Segment Start: WORKING DATA

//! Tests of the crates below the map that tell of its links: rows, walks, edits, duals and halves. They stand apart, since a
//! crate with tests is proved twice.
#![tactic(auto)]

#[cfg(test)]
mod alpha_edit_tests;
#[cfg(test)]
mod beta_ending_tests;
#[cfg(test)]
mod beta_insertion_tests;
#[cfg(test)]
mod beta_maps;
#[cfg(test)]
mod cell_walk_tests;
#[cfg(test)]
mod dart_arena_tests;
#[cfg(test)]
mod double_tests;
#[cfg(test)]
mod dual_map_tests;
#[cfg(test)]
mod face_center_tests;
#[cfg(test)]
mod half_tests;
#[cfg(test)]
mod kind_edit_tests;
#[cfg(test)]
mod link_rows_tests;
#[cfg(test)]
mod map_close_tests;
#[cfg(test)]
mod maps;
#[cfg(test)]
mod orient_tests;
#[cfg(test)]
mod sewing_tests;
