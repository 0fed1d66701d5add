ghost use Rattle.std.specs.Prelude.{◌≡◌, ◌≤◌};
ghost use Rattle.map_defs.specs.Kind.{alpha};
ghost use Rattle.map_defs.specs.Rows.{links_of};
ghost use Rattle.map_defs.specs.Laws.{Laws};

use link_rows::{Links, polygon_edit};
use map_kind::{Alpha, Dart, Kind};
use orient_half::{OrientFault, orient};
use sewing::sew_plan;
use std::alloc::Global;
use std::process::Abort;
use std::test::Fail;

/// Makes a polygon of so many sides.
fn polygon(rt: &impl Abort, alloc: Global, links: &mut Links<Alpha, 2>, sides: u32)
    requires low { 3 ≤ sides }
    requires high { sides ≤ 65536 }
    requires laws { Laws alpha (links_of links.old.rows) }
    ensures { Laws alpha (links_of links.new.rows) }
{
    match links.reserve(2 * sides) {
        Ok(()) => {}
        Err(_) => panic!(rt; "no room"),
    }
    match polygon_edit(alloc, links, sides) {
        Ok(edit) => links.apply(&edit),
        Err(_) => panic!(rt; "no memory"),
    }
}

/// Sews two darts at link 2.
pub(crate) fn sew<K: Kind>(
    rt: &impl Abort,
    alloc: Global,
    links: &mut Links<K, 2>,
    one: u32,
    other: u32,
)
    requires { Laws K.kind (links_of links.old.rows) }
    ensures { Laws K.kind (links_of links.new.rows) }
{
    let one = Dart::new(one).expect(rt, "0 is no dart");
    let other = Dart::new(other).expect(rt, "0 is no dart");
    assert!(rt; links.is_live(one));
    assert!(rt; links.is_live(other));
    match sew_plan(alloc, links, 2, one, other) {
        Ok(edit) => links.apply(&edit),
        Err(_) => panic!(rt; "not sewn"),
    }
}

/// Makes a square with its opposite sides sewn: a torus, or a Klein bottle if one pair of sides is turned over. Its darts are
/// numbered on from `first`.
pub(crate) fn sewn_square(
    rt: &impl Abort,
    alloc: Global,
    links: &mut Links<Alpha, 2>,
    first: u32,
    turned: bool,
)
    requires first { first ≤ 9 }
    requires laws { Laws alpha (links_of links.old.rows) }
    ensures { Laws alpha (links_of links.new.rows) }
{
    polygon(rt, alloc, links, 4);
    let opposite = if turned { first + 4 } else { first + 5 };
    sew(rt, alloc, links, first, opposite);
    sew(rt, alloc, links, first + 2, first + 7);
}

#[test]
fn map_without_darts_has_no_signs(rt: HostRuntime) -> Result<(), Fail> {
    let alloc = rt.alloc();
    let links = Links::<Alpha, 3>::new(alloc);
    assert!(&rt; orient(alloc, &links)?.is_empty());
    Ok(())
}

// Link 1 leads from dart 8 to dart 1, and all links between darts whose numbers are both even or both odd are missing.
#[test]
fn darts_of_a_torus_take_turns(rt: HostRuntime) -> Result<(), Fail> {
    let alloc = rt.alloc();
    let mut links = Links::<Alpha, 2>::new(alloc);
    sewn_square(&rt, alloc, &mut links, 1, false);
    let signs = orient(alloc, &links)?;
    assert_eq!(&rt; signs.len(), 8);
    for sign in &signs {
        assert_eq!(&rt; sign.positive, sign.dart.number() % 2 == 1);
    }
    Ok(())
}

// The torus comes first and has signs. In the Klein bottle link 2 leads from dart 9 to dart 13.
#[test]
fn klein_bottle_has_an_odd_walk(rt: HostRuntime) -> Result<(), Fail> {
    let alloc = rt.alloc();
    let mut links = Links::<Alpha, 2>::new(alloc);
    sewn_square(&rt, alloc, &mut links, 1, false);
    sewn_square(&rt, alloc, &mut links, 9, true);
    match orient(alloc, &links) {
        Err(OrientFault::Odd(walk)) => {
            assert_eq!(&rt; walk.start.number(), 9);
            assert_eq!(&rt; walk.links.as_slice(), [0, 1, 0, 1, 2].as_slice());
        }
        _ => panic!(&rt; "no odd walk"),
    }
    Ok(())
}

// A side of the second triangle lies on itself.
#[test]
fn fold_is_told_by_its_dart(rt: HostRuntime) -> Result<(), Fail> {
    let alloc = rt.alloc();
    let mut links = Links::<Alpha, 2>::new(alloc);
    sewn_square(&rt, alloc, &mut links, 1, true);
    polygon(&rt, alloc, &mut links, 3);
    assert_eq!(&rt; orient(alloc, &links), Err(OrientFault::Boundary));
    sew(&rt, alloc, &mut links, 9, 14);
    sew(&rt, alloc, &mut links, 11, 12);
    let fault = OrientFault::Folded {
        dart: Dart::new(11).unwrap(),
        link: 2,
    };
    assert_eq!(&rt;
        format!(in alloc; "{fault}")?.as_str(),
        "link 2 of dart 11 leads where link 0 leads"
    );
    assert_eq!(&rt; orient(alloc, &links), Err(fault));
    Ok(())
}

Segment End: WORKING DATA

__TASK GOAL__:
Would you give the data above again, exactly as written?

__SOLUTION FOR THIS PROBLEM__:
//! Tests of the crates below the map that tell of its links: rows, walks, edits, duals and halves. They stand apart, since a
//! crate with tests is proved twice.
#![tactic(auto)]

#[cfg(test)]
mod alpha_edit_tests;
#[cfg(test)]
mod beta_ending_tests;
#[cfg(test)]
mod beta_insertion_tests;
#[cfg(test)]
mod beta_maps;
#[cfg(test)]
mod cell_walk_tests;
#[cfg(test)]
mod dart_arena_tests;
#[cfg(test)]
mod double_tests;
#[cfg(test)]
mod dual_map_tests;
#[cfg(test)]
mod face_center_tests;
#[cfg(test)]
mod half_tests;
#[cfg(test)]
mod kind_edit_tests;
#[cfg(test)]
mod link_rows_tests;
#[cfg(test)]
mod map_close_tests;
#[cfg(test)]
mod maps;
#[cfg(test)]
mod orient_tests;
#[cfg(test)]
mod sewing_tests;
repository 0fed1d66701d5add
ghost use Rattle.std.specs.Prelude.{◌≡◌, ◌≤◌};
ghost use Rattle.map_defs.specs.Kind.{alpha};
ghost use Rattle.map_defs.specs.Rows.{links_of};
ghost use Rattle.map_defs.specs.Laws.{Laws};

use link_rows::{Links, polygon_edit};
use map_kind::{Alpha, Dart, Kind};
use orient_half::{OrientFault, orient};
use sewing::sew_plan;
use std::alloc::Global;
use std::process::Abort;
use std::test::Fail;

/// Makes a polygon of so many sides.
fn polygon(rt: &impl Abort, alloc: Global, links: &mut Links<Alpha, 2>, sides: u32)
    requires low { 3 ≤ sides }
    requires high { sides ≤ 65536 }
    requires laws { Laws alpha (links_of links.old.rows) }
    ensures { Laws alpha (links_of links.new.rows) }
{
    match links.reserve(2 * sides) {
        Ok(()) => {}
        Err(_) => panic!(rt; "no room"),
    }
    match polygon_edit(alloc, links, sides) {
        Ok(edit) => links.apply(&edit),
        Err(_) => panic!(rt; "no memory"),
    }
}

/// Sews two darts at link 2.
pub(crate) fn sew<K: Kind>(
    rt: &impl Abort,
    alloc: Global,
    links: &mut Links<K, 2>,
    one: u32,
    other: u32,
)
    requires { Laws K.kind (links_of links.old.rows) }
    ensures { Laws K.kind (links_of links.new.rows) }
{
    let one = Dart::new(one).expect(rt, "0 is no dart");
    let other = Dart::new(other).expect(rt, "0 is no dart");
    assert!(rt; links.is_live(one));
    assert!(rt; links.is_live(other));
    match sew_plan(alloc, links, 2, one, other) {
        Ok(edit) => links.apply(&edit),
        Err(_) => panic!(rt; "not sewn"),
    }
}

/// Makes a square with its opposite sides sewn: a torus, or a Klein bottle if one pair of sides is turned over. Its darts are
/// numbered on from `first`.
pub(crate) fn sewn_square(
    rt: &impl Abort,
    alloc: Global,
    links: &mut Links<Alpha, 2>,
    first: u32,
    turned: bool,
)
    requires first { first ≤ 9 }
    requires laws { Laws alpha (links_of links.old.rows) }
    ensures { Laws alpha (links_of links.new.rows) }
{
    polygon(rt, alloc, links, 4);
    let opposite = if turned { first + 4 } else { first + 5 };
    sew(rt, alloc, links, first, opposite);
    sew(rt, alloc, links, first + 2, first + 7);
}

#[test]
fn map_without_darts_has_no_signs(rt: HostRuntime) -> Result<(), Fail> {
    let alloc = rt.alloc();
    let links = Links::<Alpha, 3>::new(alloc);
    assert!(&rt; orient(alloc, &links)?.is_empty());
    Ok(())
}

// Link 1 leads from dart 8 to dart 1, and all links between darts whose numbers are both even or both odd are missing.
#[test]
fn darts_of_a_torus_take_turns(rt: HostRuntime) -> Result<(), Fail> {
    let alloc = rt.alloc();
    let mut links = Links::<Alpha, 2>::new(alloc);
    sewn_square(&rt, alloc, &mut links, 1, false);
    let signs = orient(alloc, &links)?;
    assert_eq!(&rt; signs.len(), 8);
    for sign in &signs {
        assert_eq!(&rt; sign.positive, sign.dart.number() % 2 == 1);
    }
    Ok(())
}

// The torus comes first and has signs. In the Klein bottle link 2 leads from dart 9 to dart 13.
#[test]
fn klein_bottle_has_an_odd_walk(rt: HostRuntime) -> Result<(), Fail> {
    let alloc = rt.alloc();
    let mut links = Links::<Alpha, 2>::new(alloc);
    sewn_square(&rt, alloc, &mut links, 1, false);
    sewn_square(&rt, alloc, &mut links, 9, true);
    match orient(alloc, &links) {
        Err(OrientFault::Odd(walk)) => {
            assert_eq!(&rt; walk.start.number(), 9);
            assert_eq!(&rt; walk.links.as_slice(), [0, 1, 0, 1, 2].as_slice());
        }
        _ => panic!(&rt; "no odd walk"),
    }
    Ok(())
}

// A side of the second triangle lies on itself.
#[test]
fn fold_is_told_by_its_dart(rt: HostRuntime) -> Result<(), Fail> {
    let alloc = rt.alloc();
    let mut links = Links::<Alpha, 2>::new(alloc);
    sewn_square(&rt, alloc, &mut links, 1, true);
    polygon(&rt, alloc, &mut links, 3);
    assert_eq!(&rt; orient(alloc, &links), Err(OrientFault::Boundary));
    sew(&rt, alloc, &mut links, 9, 14);
    sew(&rt, alloc, &mut links, 11, 12);
    let fault = OrientFault::Folded {
        dart: Dart::new(11).unwrap(),
        link: 2,
    };
    assert_eq!(&rt;
        format!(in alloc; "{fault}")?.as_str(),
        "link 2 of dart 11 leads where link 0 leads"
    );
    assert_eq!(&rt; orient(alloc, &links), Err(fault));
    Ok(())
}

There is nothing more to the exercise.